Exercise goal = In the lines below, find the one that contains "let mut rows" and write it out exactly, along with every line that follows it.
:: The records ::
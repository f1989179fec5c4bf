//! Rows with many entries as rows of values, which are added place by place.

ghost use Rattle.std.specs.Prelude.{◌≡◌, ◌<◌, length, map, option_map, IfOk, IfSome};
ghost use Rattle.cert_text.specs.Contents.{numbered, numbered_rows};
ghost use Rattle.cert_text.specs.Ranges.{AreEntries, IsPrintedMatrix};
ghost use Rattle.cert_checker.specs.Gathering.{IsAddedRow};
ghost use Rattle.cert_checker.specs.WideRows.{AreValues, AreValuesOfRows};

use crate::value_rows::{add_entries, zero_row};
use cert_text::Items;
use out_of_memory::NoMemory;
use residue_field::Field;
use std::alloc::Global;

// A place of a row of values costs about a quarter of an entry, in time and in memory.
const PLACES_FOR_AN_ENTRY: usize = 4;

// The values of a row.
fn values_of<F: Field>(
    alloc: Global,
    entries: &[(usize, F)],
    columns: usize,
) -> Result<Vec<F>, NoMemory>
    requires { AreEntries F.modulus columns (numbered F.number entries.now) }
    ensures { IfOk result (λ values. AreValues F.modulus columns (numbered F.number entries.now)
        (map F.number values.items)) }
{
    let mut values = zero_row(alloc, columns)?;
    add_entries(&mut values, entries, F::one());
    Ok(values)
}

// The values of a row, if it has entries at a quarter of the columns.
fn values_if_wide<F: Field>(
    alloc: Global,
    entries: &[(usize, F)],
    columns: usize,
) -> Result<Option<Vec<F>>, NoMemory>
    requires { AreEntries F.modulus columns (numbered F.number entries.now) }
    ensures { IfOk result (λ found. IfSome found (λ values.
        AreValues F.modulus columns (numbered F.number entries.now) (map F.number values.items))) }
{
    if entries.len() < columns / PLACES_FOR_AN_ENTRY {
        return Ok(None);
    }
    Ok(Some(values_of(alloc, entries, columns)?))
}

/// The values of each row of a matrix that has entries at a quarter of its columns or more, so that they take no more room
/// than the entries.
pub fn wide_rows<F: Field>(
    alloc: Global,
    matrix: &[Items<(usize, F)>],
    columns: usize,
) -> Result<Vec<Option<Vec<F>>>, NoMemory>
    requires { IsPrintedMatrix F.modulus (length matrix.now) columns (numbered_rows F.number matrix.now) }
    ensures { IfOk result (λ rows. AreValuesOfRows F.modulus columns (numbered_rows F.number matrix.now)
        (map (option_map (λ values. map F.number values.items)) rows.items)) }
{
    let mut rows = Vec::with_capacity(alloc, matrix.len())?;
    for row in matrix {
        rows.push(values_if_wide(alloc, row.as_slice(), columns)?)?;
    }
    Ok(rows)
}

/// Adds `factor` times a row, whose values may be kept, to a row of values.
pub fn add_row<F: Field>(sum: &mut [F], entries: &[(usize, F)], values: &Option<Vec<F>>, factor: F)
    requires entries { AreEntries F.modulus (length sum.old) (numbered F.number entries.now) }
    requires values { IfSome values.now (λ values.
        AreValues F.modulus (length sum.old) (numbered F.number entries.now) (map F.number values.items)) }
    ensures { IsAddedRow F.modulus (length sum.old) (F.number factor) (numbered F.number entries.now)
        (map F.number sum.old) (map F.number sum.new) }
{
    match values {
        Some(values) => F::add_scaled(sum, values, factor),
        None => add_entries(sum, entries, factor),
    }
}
:::
Response area =
    let mut rows = Vec::with_capacity(alloc, matrix.len())?;
    for row in matrix {
        rows.push(values_if_wide(alloc, row.as_slice(), columns)?)?;
    }
    Ok(rows)
}

/// Adds `factor` times a row, whose values may be kept, to a row of values.
pub fn add_row<F: Field>(sum: &mut [F], entries: &[(usize, F)], values: &Option<Vec<F>>, factor: F)
    requires entries { AreEntries F.modulus (length sum.old) (numbered F.number entries.now) }
    requires values { IfSome values.now (λ values.
        AreValues F.modulus (length sum.old) (numbered F.number entries.now) (map F.number values.items)) }
    ensures { IsAddedRow F.modulus (length sum.old) (F.number factor) (numbered F.number entries.now)
        (map F.number sum.old) (map F.number sum.new) }
{
    match values {
        Some(values) => F::add_scaled(sum, values, factor),
        None => add_entries(sum, entries, factor),
    }
}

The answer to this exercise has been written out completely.